I used memtest86 4.0 and let it do a single pass and it found 0 errors. I've never used MemTest before so should i let it do more than 1 pass?

Also since i set the settings at 667Mhz and OCed my CPU to 3.05ghz the memory is now running just 28mhz above the standard MHZ so this shouldn't create any more wear and tear/heat issues with the memory?


----------



## sneekypeet (Feb 15, 2010)

One pass is a quick go, but most suggest running it overnight

CPU-z is most likely reading it correctly.

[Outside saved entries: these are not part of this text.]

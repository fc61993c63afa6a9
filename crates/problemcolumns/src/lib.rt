// A problem from columns: the count, then row by row in order of kind; the first refusal wins. Variables stay where they are: where nothing
// is refused, they are the column itself.
#![tactic(auto)]

ghost use Rattle.std.specs.Prelude.{◌≡◌, true, [], ◌≤◌, length};
ghost use Rattle.problems.specs.Problems.{even_problem};
ghost use Rattle.problemrows.specs.ProblemRows.{Adds};
ghost use Rattle.problemcolumns.specs.ProblemColumns.{even_rows, Roomy, columns_asked, columns_by, TakenBy};
ghost use Rattle.problemcolumns.specs.Runs.{variable_run, head_refusal, bound_run, pair_run, after, EntersBy};

use problemrows::{
    ARRAYS, Added, FLOWS, UPPER_FLOWS, add_bound, add_pair, check_count, check_variable,
};

// 0 or the refusal, and how many entries the slices hold.
#[derive(Clone, Copy)]
pub struct ProblemCounts {
    pub refusal: u64,
    pub bounds: usize,
    pub flows: usize,
    pub uppers: usize,
    pub reads: usize,
    pub writes: usize,
}

// Whether the columns of each kind are of equal length, from their lengths.
pub fn is_even_problem(
    bnd_comp: usize,
    bnd_kind: usize,
    bnd_type: usize,
    flow_src: usize,
    flow_dst: usize,
    up_src: usize,
    up_dst: usize,
    read_arr: usize,
    read_res: usize,
    write_arr: usize,
    write_val: usize,
) -> bool
    ensures { result ≡ even_rows bnd_comp bnd_kind bnd_type flow_src flow_dst up_src up_dst read_arr read_res write_arr write_val }
{
    if bnd_comp != bnd_kind {
        return false;
    }
    if bnd_comp != bnd_type {
        return false;
    }
    if flow_src != flow_dst {
        return false;
    }
    if up_src != up_dst {
        return false;
    }
    if read_arr != read_res {
        return false;
    }
    write_arr == write_val
}

// The refusal of the variables.
fn check_variables(components: u64, var_comp: &[u64]) -> u64
    ensures { result ≡ (variable_run components var_comp.now []).refusal }
{
    let mut i: usize = 0;
    while i < var_comp.len() {
        let refusal = check_variable(components, i, var_comp[i]);
        if refusal != 0 {
            return refusal;
        }
        i += 1;
    }
    0
}

// The refusal of the count, or of the variables after it.
fn check_head(components: u64, var_comp: &[u64]) -> u64
    ensures { result ≡ head_refusal components var_comp.now }
{
    let refusal = check_count(components);
    if refusal != 0 {
        return refusal;
    }
    check_variables(components, var_comp)
}

// The bounds of the columns.
fn add_bounds(
    names: u64,
    components: u64,
    bnd_comp: &[u64],
    bnd_kind: &[u64],
    bnd_type: &[u64],
    bounds: &mut [u64],
) -> Added
    requires { (names ≤ 1024) × (components ≤ 512) × (length bnd_comp.now ≡ length bnd_kind.now) × (length bnd_comp.now ≡ length bnd_type.now) × (4096 ≤ length bounds.old) }
    ensures { Adds (bound_run names components bnd_comp.now bnd_kind.now bnd_type.now []) bounds.old bounds.new result }
{
    let mut n: usize = 0;
    let mut i: usize = 0;
    while i < bnd_comp.len() {
        let row = add_bound(
            names,
            components,
            bounds,
            n,
            bnd_comp[i],
            bnd_kind[i],
            bnd_type[i],
        );
        if row.refusal != 0 {
            return row;
        }
        n = row.count;
        i += 1;
    }
    Added {
        refusal: 0,
        count: n,
    }
}

// The pairs of two columns, of which there may be `room`.
fn add_pairs(
    components: u64,
    firsts: &[u64],
    seconds: &[u64],
    pairs: &mut [u64],
    room: usize,
) -> Added
    requires { (components ≤ 512) × (length firsts.now ≡ length seconds.now) × (room ≤ length pairs.old) }
    ensures { Adds (pair_run components room firsts.now seconds.now []) pairs.old pairs.new result }
{
    let mut n: usize = 0;
    let mut i: usize = 0;
    while i < firsts.len() {
        let row = add_pair(components, pairs, n, room, firsts[i], seconds[i]);
        if row.refusal != 0 {
            return row;
        }
        n = row.count;
        i += 1;
    }
    Added {
        refusal: 0,
        count: n,
    }
}

// The same after rows of other kinds: none where one of those was refused.
fn add_pairs_after(
    refusal: u64,
    components: u64,
    firsts: &[u64],
    seconds: &[u64],
    pairs: &mut [u64],
    room: usize,
) -> Added
    requires { (components ≤ 512) × (length firsts.now ≡ length seconds.now) × (room ≤ length pairs.old) }
    ensures { Adds (after refusal (pair_run components room firsts.now seconds.now [])) pairs.old pairs.new result }
{
    if refusal != 0 {
        return Added { refusal, count: 0 };
    }
    add_pairs(components, firsts, seconds, pairs, room)
}

// Bounds and pairs, where the count and the variables are taken.
fn build_entries(
    names: u64,
    components: u64,
    var_comp: &[u64],
    bnd_comp: &[u64],
    bnd_kind: &[u64],
    bnd_type: &[u64],
    flow_src: &[u64],
    flow_dst: &[u64],
    up_src: &[u64],
    up_dst: &[u64],
    read_arr: &[u64],
    read_res: &[u64],
    write_arr: &[u64],
    write_val: &[u64],
    bounds: &mut [u64],
    flows: &mut [u64],
    uppers: &mut [u64],
    reads: &mut [u64],
    writes: &mut [u64],
) -> ProblemCounts
    requires { (names ≤ 1024) × (components ≤ 512) × (even_problem (columns_asked components var_comp bnd_comp bnd_kind bnd_type flow_src flow_dst up_src up_dst read_arr read_res write_arr write_val) ≡ true) × Roomy bounds.old flows.old uppers.old reads.old writes.old }
    ensures { EntersBy names (columns_by components var_comp bnd_comp bnd_kind bnd_type flow_src flow_dst up_src up_dst read_arr read_res write_arr write_val) bounds flows uppers reads writes result }
{
    let b = add_bounds(names, components, bnd_comp, bnd_kind, bnd_type, bounds);
    let f = add_pairs_after(b.refusal, components, flow_src, flow_dst, flows, FLOWS);
    let u = add_pairs_after(f.refusal, components, up_src, up_dst, uppers, UPPER_FLOWS);
    let r = add_pairs_after(u.refusal, components, read_arr, read_res, reads, ARRAYS);
    let room = ARRAYS - r.count;
    let w = add_pairs_after(r.refusal, components, write_arr, write_val, writes, room);
    ProblemCounts {
        refusal: w.refusal,
        bounds: b.count,
        flows: f.count,
        uppers: u.count,
        reads: r.count,
        writes: w.count,
    }
}

// The problem of columns of equal length.
pub fn build_problem(
    names: u64,
    components: u64,
    var_comp: &[u64],
    bnd_comp: &[u64],
    bnd_kind: &[u64],
    bnd_type: &[u64],
    flow_src: &[u64],
    flow_dst: &[u64],
    up_src: &[u64],
    up_dst: &[u64],
    read_arr: &[u64],
    read_res: &[u64],
    write_arr: &[u64],
    write_val: &[u64],
    bounds: &mut [u64],
    flows: &mut [u64],
    uppers: &mut [u64],
    reads: &mut [u64],
    writes: &mut [u64],
) -> ProblemCounts
    requires { (names ≤ 1024) × (even_problem (columns_asked components var_comp bnd_comp bnd_kind bnd_type flow_src flow_dst up_src up_dst read_arr read_res write_arr write_val) ≡ true) × Roomy bounds.old flows.old uppers.old reads.old writes.old }
    ensures { TakenBy names (columns_by components var_comp bnd_comp bnd_kind bnd_type flow_src flow_dst up_src up_dst read_arr read_res write_arr write_val) bounds flows uppers reads writes result }
{
    let refusal = check_head(components, var_comp);
    if refusal != 0 {
        return ProblemCounts {
            refusal,
            bounds: 0,
            flows: 0,
            uppers: 0,
            reads: 0,
            writes: 0,
        };
    }
    build_entries(
        names, components, var_comp, bnd_comp, bnd_kind, bnd_type, flow_src, flow_dst, up_src,
        up_dst, read_arr, read_res, write_arr, write_val, bounds, flows, uppers, reads, writes,
    )
}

Any overclocking will create more wear and tear, but 28mhz and a timing drop wont make it catch fire or anything


----------



## ALP1987 (Feb 15, 2010)

sneekypeet said:


> One pass is a quick go, but most suggest running it overnight
> 
> CPU-z is most likely reading it correctly.
> 
> Any overclocking will create more wear and tear, but 28mhz and a timing drop wont make it catch fire or anything




Really overnight? 28mhz was a typo. It should have been 48mhz. I could just take the CPU down until i hit 400mhz on my memory so that its not OCed. Even tho it will be running 800mhz from the 667mhz slot it would still be the stock 800mhz speed so it shouldn't create any issues right? I shouldn't lose much speed and it would still be an improvement over the stock 2.4ghz for the CPU. Its probably the best and safest way to go.


----------



## Bo$$ (Feb 15, 2010)

digibucc said:


> well it's linked, but not entirely.  both the cpu and the and the memory can be affected by the core clock, and their multipliers.  the core clock is determined by the FSB - but you should still be able to change the memory multiplier to make it run lower, ie at around 800 as it's supposed to (not exactly)
> 
> my CPU is rated at 2.67GHz, my ram at 1600MHz - when I overclocked my cpu by using the FSB clock, to 4GHz - it also changed my RAM to over 2000MHz - I changed the ram multiplier and now it runs at 1603MHz stable.
> 
> it may not say multiplier in the bios, but that is what the option changes.  I am not sure exactly what it will say in your bios, sorry.



but the minimum is 1:1 ratio? i run CPU at 333MHZ and RAM 333MHZ is it possible to overclock the CPU more with out changing the memory? every time i try and push it further it wont boot,

and ALP: overnight is the best option to maximise the stability


----------



## hat (Feb 15, 2010)

It's simple really. In order to overclock the CPU, you have to raise the FSB. If you raise the FSB, your memory frequency increaces along with it. Generally speaking, when you're overclocking your processor, you want to make sure the processor is the only thing being pushed, so you drop the memory speed to keep it at or below stock. That way, the stability of the memory remains intact, and when you're testing for stability and it fails, you can be fairly certian the processor needs more juice, or you've pushed the FSB too far and your board can't handle it.

Once you've made sure the processor is stable where you want it, you can start playing around with the memory frequency if you want... that way, if the test fails, you'll know it's the memory since you've already validated the processor's stability.


----------